I think the dude that got my oil changed was 100 years old. He could barely hold the funnel on top. He was shaking.
I'm like, dude, every dude in the shop was at least over 60 years old. Yep, that's normal. I'm looking at that, and now that you just said all of this, I'm like, did I just walk into a forgotten corner of Pennsylvania and, like, it was just so bizarre.
But that's the reality. Listen to me, George. When I looked at this field, I was like, okay, I'm young, and I can do whatever I want for a field.
So I chose this field, and I accelerated quickly through it. So I'm already a master tech, and I already deal with stuff. I'm now a lead diagnostic guy.
That's what I do. So people, when they can't figure out what's wrong with their car, they bring their car to me from wherever they couldn't figure it out what was wrong with it before. That's what I do.

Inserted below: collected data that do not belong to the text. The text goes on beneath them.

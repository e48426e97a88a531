//! One of the shards' locks.
ghost use Rattle.std.specs.Prelude.{◌≡◌, ◌+◌, ◌<◌, ◌≤◌, true, nat_lt, min, is_some, length, IfOk, OnErr};
ghost use Rattle.view_sums.specs.Total.{Each};
ghost use Rattle.flake_model.specs.Journal.{shard_of};
ghost use Rattle.frag_value.specs.Fragments.{frags_limit};
ghost use Rattle.flake_base.specs.Limits.{value_limit};
ghost use Rattle.order_book.specs.Pages.{new_shards};
ghost use Rattle.shard_core.specs.Done.{is_taking, is_ranged};
ghost use Rattle.shard_core.specs.ShardMaps.{IsBare};
ghost use Rattle.shard_core.specs.Takers.{MayTake, KeepsTaker, taking};
ghost use Rattle.shard_part.specs.Parts.{operation_of};
ghost use Rattle.shard_core.specs.Parts.{PartEnds};
ghost use Rattle.pin_core.specs.Buffers.{buffers};
ghost use Rattle.shard_store.specs.Images.{IsImage};

use crate::asked::{AskedPart, Commons};
use crate::image::ShardImage;
use crate::shard::Shard;
use flake_base::{Memory, Segs};
use frag_value::Taker;
use order_book::{Book, BookName, SessionSeat, ShardSeats};
use pinned_pool::{Pool, PoolName, PoolSeat, PoolSeats};
use shard_core::PartAnswer;
use std::alloc::Global;
use std::hint::spin_loop;
use std::sync::{Mutex, MutexGuard, Wait};

/// The last seats go behind a lock, if the shard is one of the store's.
pub(crate) fn open_lock<N: BookName, P: PoolName, const I: u16>(
    alloc: Global,
    shards: u16,
    seats: &mut PoolSeats<P>,
    books: &mut ShardSeats<N>,
) -> Option<Mutex<Shard<N, P, I>>>
    requires books { books.old.items ≡ new_shards (min (I + 1) shards) }
    requires seats { (length seats.old.items ≡ min (I + 1) shards) × Each IsBare seats.old.items }
    ensures open { is_some result ≡ nat_lt I shards }
    ensures books { books.new.items ≡ new_shards (min I shards) }
    ensures seats { (length seats.new.items ≡ min I shards) × Each IsBare seats.new.items }
{
    if I >= shards {
        return None;
    }
    let Some(own) = seats.pop() else {
        unreachable!()
    };
    let Some(seat) = books.pop() else {
        unreachable!()
    };
    Some(Mutex::new(Shard::new(alloc, own, seat)))
}

// How often a thread tries a lock that another one holds before it may sleep. A part is done in less time than a thread
// takes to fall asleep and to wake.
const TRIES: u32 = 50;

// How long it pauses between two tries.
const PAUSES: u32 = 8;

fn pause() {
    for _ in 0..PAUSES {
        spin_loop();
    }
}

// The shard behind a lock that another thread held.
#[inline(never)]
fn locked_later<'a, R: Wait, N: BookName, P: PoolName, const I: u16>(
    rt: &R,
    lock: &'a Mutex<Shard<N, P, I>>,
) -> MutexGuard<'a, Shard<N, P, I>> {
    for _ in 0..TRIES {
        pause();
        if let Some(guard) = lock.try_lock() {
            return guard;
        }
    }
    lock.lock(rt)
}

// The shard behind the lock. All that is known of it is its type.
#[inline(always)]
fn locked<'a, R: Wait, N: BookName, P: PoolName, const I: u16>(
    rt: &R,
    lock: &'a Option<Mutex<Shard<N, P, I>>>,
) -> MutexGuard<'a, Shard<N, P, I>>
    requires { is_some lock.now ≡ true }
{
    let Some(lock) = lock else { unreachable!() };
    match lock.try_lock() {
        Some(guard) => guard,
        None => locked_later(rt, lock),
    }
}

/// Does a part in the shard behind a lock, as `Shard::run` does.
#[inline(always)]
pub(crate) fn run_behind<R: Wait, N: BookName, P: PoolName, T: Taker<P>, const I: u16>(
    rt: &R,
    lock: &Option<Mutex<Shard<N, P, I>>>,
    commons: &Commons<'_, N, P>,
    seat: &mut PoolSeat<P>,
    mine: &mut SessionSeat<N>,
    asked: &AskedPart<'_>,
    taker: &mut T,
    stored: &mut Segs,
) -> Result<PartAnswer, Memory>
    requires open { is_some lock.now ≡ true }
    requires here { shard_of N.sizes.shards asked.now.part.key.now ≡ I }
    requires session { asked.now.at.session ≡ mine.old.number }
    requires few { length asked.now.part.value.now ≤ value_limit }
    requires credits { 1 < seat.old.credits }
    requires spare { frags_limit ≤ stored.old.spare }
    requires taker { let op = operation_of asked.now.part in
        MayTake (is_taking op) (is_ranged op) (taking T.Taker taker.old) }
    ensures part { PartEnds P.sizes N.sizes.shards asked.now.at (operation_of asked.now.part) result
        (record { list = mine.old; seat = seat.old; stored = stored.old.items; taken = T.taken taker.old })
        (record { list = mine.new; seat = seat.new; stored = stored.new.items; taken = T.taken taker.new }) }
    ensures spare { stored.old.spare + length stored.old.items ≤ stored.new.spare + length stored.new.items }
    ensures taker { let range = is_ranged (operation_of asked.now.part) in
        KeepsTaker range (taking T.Taker taker.old) (taking T.Taker taker.new) }
{
    let mut shard = locked(rt, lock);
    shard.run(commons, seat, mine, asked, taker, stored)
}

/// Pins all values of the shard behind a lock, as `Shard::pin` does.
pub(crate) fn pin_behind<R: Wait, N: BookName, P: PoolName, const I: u16>(
    rt: &R,
    lock: &Option<Mutex<Shard<N, P, I>>>,
    pool: &Pool<P>,
    book: &Book<N>,
    seat: &mut PoolSeat<P>,
    mine: &mut SessionSeat<N>,
) -> Result<ShardImage<P>, Memory>
    requires open { is_some lock.now ≡ true }
    requires credits { buffers P.sizes + 4 ≤ seat.old.credits }
    ensures image { IfOk result (λ i. IsImage P.sizes I i.place i.pairs.items mine.old mine.new seat.old seat.new) }
    ensures memory { OnErr result ((seat.new ≡ seat.old) × (mine.new ≡ mine.old)) }
{
    let mut shard = locked(rt, lock);
    shard.pin(pool, book, seat, mine)
}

So I looked at the field and said, okay, if I stick in this field from the age of 20-something, I will end up, in 10 years, I'll be the highest paid guy in the shop. And that happened rapidly, because all the other guys retired. All the other guys retired, and all the new technology in cars.
Poor guy. And now everybody, everything in cars is now computerized. So, you know, if you know electronics, and you know how to actually do real diagnostics with oscilloscopes and stuff like that, it's not like it was 50 years ago, where to change, you know, to be a mechanic, you just need to be able to take the part off, look at it and go, well, mechanics, you did just simple stuff, like, you know, no, no, no, no, no.
Okay, like, something's wrong with your car now. I have to literally spend seven hours with a wiring schematic that looks like something out of a horror film, where it's like an entire whiteboard filled up with stuff while I spend hours trying to figure out which wire is it that's wrong on your communication network. Okay? Like, it's not simple work anymore.